Хироюки смотрел в радостное, немного беззаботное лицо Джун, отчего его так и распирало кинуть пару глупых, милых слов, сделать несколько таких же милых прикосновений.
– Хорошо.
– Вот и славно.
Кинув ещё несколько рекомендаций, Нами взяла сумку, попрощалась с молодёжью, уверенным шагом вышла из парка и поймала такси до аэропорта.
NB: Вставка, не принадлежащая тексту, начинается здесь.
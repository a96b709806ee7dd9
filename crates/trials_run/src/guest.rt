//! Callers, by what they say and when.
ghost use Rattle.std.specs.Prelude.{◌<◌, length};
ghost use Rattle.run_beat.specs.Counts.{CameWithin};

use crate::arrivals::give;
use run_beat::Came;
use std::alloc::{AllocError, Global};

/// When a caller comes, and what it says: so many bytes as it comes, and as many again whenever so many milliseconds
/// have passed.
#[derive(Clone, Copy, Debug)]
pub(crate) struct Speech {
    pub comes: u64,
    pub text: &'static str,
    pub most: usize,
    pub pause: u64,
    /// Whether it stays once it was told that no more is written to it.
    pub stays: bool,
}

impl Speech {
    /// All is said as the caller comes.
    pub fn at_once(comes: u64, text: &'static str) -> Speech {
        Speech {
            comes,
            text,
            most: usize::MAX,
            pause: u64::MAX,
            stays: false,
        }
    }

    /// So many bytes were said at a moment.
    fn said(self, now: u64) -> usize {
        let Some(since) = now.checked_sub(self.comes) else {
            return 0;
        };
        let pauses = since / self.pause.max(1);
        let pieces = usize::try_from(pauses)
            .unwrap_or(usize::MAX)
            .saturating_add(1);
        self.text.len().min(self.most.saturating_mul(pieces))
    }

    /// The first moment after this one at which something is said.
    fn next(self, now: u64) -> u64 {
        let Some(since) = now.checked_sub(self.comes) else {
            return self.comes;
        };
        if self.said(now) == self.text.len() {
            return u64::MAX;
        }
        let pause = self.pause.max(1);
        now.saturating_add(pause - since % pause)
    }
}

/// A caller.
#[derive(Drop)]
pub(crate) struct Guest {
    speech: Speech,
    // So many bytes were read of it.
    read: usize,
    is_taken: bool,
    // Whether it was told that no more is written; it ends then, unless it stays.
    is_told: bool,
    /// What was written to it.
    pub heard: Vec<u8>,
    /// When its connection was closed.
    pub gone: Option<u64>,
}

impl Guest {
    pub fn new(alloc: Global, speech: Speech) -> Guest {
        Guest {
            speech,
            read: 0,
            is_taken: false,
            is_told: false,
            heard: Vec::new(alloc),
            gone: None,
        }
    }

    /// Whether it waits to be taken.
    fn waits(&self, now: u64) -> bool {
        !self.is_taken && self.speech.comes <= now
    }

    /// The first moment after this one at which it says something.
    fn next(&self, now: u64) -> u64 {
        self.speech.next(now)
    }

    pub fn read(&mut self, piece: &mut [u8], now: u64) -> Came
        requires { 0 < length piece.old }
        ensures { CameWithin (length piece.new) result }
    {
        let said = self.speech.said(now);
        let rest = self
            .speech
            .text
            .as_bytes()
            .get(self.read..said)
            .unwrap_or(&[]);
        let count = give(rest, piece);
        if count > 0 {
            self.read = self.read.saturating_add(count);
            Came::Bytes(count)
        } else if self.is_told && !self.speech.stays {
            Came::Ended
        } else {
            Came::Nothing
        }
    }

    pub fn take(&mut self, bytes: &[u8]) -> Result<(), AllocError> {
        self.heard.extend_from_slice(bytes)
    }

    pub fn finish(&mut self) {
        self.is_told = true;
    }

    pub fn close(&mut self, now: u64) {
        self.gone = Some(now);
    }
}

/// All callers, and where those sit that were taken.
#[derive(Drop)]
pub(crate) struct Guests {
    pub all: Vec<Guest>,
    // At each place, the number of the caller that was taken into it last.
    seats: Vec<usize>,
}

impl Guests {
    pub fn new(alloc: Global, seats: usize, speeches: &[Speech]) -> Result<Guests, AllocError> {
        let mut all = Vec::new(alloc);
        for speech in speeches {
            all.push(Guest::new(alloc, *speech))?;
        }
        let seats = vec![in alloc; usize::MAX; seats]?;
        Ok(Guests { all, seats })
    }

    /// The caller at a place.
    pub fn at(&mut self, place: usize) -> Option<&mut Guest> {
        let guest = *self.seats.get(place)?;
        self.all.get_mut(guest)
    }

    /// The first of those that wait to be taken.
    pub fn at_door(&self, now: u64) -> Option<usize> {
        self.all.iter().position(|guest| guest.waits(now))
    }

    /// A caller is taken into a place.
    pub fn seat(&mut self, place: usize, number: usize) {
        if let Some(seat) = self.seats.get_mut(place) {
            *seat = number;
        }
        if let Some(guest) = self.all.get_mut(number) {
            guest.is_taken = true;
        }
    }

    /// The first moment after this one at which one of them says something.
    pub fn next(&self, now: u64) -> u64 {
        let mut first = u64::MAX;
        for guest in &self.all {
            first = first.min(guest.next(now));
        }
        first
    }
}
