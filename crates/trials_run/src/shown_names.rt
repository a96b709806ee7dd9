//! Names of any characters within HTML.
use office_pages::page;
use std::alloc::{AllocError, Global};
use std::test::Fail;
use telling::{Trial, twice};

/// A character as HTML shows it, also one that it would take for its own.
fn shown(alloc: Global, character: char) -> Result<String, AllocError> {
    let text = match character {
        '&' => "&amp;",
        '<' => "&lt;",
        '>' => "&gt;",
        '"' => "&quot;",
        '\'' => "&#39;",
        _ => return character.to_string(alloc),
    };
    String::from_str(alloc, text)
}

/// The heading of a device of this name.
fn heading(alloc: Global, name: &str) -> Result<String, AllocError> {
    let mut heading = String::new(alloc);
    page::push_device(&mut heading, name, None)?;
    Ok(heading)
}

fn front(alloc: Global, shown: &str) -> Result<String, AllocError> {
    format!(in alloc;
        "<tr class=\"device\"><th colspan=\"6\" scope=\"colgroup\">{shown}</th></tr>\n"
    )
}

fn each_character(trial: &Trial<'_>) -> Result<(), AllocError> {
    let alloc = trial.alloc();
    for code in 0..128u8 {
        let character = char::from(code);
        let mut name = String::new(alloc);
        name.push(character)?;
        let told = heading(alloc, &name)?;
        let shown = shown(alloc, character)?;
        let expected = front(alloc, &shown)?;
        trial.told(&code, &told.as_str(), &expected.as_str());
    }
    Ok(())
}

#[test]
fn each_character_of_a_name_is_shown(rt: HostRuntime) -> Result<(), Fail> {
    Ok(twice!(rt, each_character)?)
}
Когда мама ушла, Джун засияла улыбкой ещё ярче и издала умилительные звуки, словно от победы; у обоих стеснение улетучилось и казалось, что стоит просто смотреть друг другу в глаза, и можно понять, что каждый хочет сказать. Первую минуту они сидели молча, не веря в происходящее, после чего Хиро наконец сказал:
– Дурёха ты. Вообще-то, я собирался предложить тебе переехать ко мне.
– Зачем это?
– Чтобы присматривать за тобой. Мне так будет спокойнее. Я не верю, что ты сможешь жить одна и постоянно на костылях. Хочу помочь.
– А может, наоборот? Ты переедешь ко мне. Просто я не хотела бы мешать твоей семье.
– Ты не будешь мешать. Правда, ты же помнишь, как понравилась моей родне, как мы вместе праздновали мой день рождения и Рождество? Тем более вместе веселее. И если вдруг я окажусь занят где-то вне дома, тебе будет кому помочь. Ну, в теории.
– Даже не знаю… Я же вроде сказала, что могла бы обойтись и без помощи.
– Джун, я понимаю, ты к моим не очень привыкла. Но я обещаю, тебя никто не обидит и не укусит.
Хироюки ласково сжал её руку. Для неё привыкнуть к кому-то ещё, кроме объекта симпатии, даже если это его родные, было из разряда непосильного труда. Со своей стеснительностью и немногословностью она боялась не прижиться, тем более спустя столько лет отсутствия.
– Что ж, у тебя неплохой дар убеждения.
– Я бы не сказал. Думаю, в глубине души ты и сама этого хочешь.
Такие слова отозвались в её памяти больной ностальгией, чего она постаралась не показывать.
Хироюки проводил Джун до своего дома, взяв на себя миссию нести её сумку с вещами. Каждый раз вставая с места отдыха, она чувствовала себя крайне неловко и старалась переводить смущение в шутку. Пыталась не смотреть под ноги без причины и не накручивать себя плохими мыслями. Каждый раз идущие навстречу занятые люди аккуратно обходили её, то ли от сожаления к ней как к пострадавшей, то ли от простого уважения, даже не оглядываясь из любопытства. А она, чувствуя себя нелепо, старалась не заглядывать им в лица.
На всякий случай Джун отзвонилась женщине, что арендовала их старый дом. В самом деле, Джун, попав в больницу, и вправду не была уверена, что вернётся домой в таком состоянии, поэтому тогда рассказала лишь о вероятности переезда и уверила, что, если всё же соберётся переехать, то обязательно предупредит об этом как минимум на пару недель заранее.
Придя домой, Хироюки освободил место в шкафу для её вещей. Поменял постельное бельё, не без стыда быстро прибрался, пока Джун сидела в гостиной, и накормил своей пока неумелой стряпнёй.
Хиро обзвонил всю семью и спросил мнение, можно ли Джун остаться какое-то время пожить у них.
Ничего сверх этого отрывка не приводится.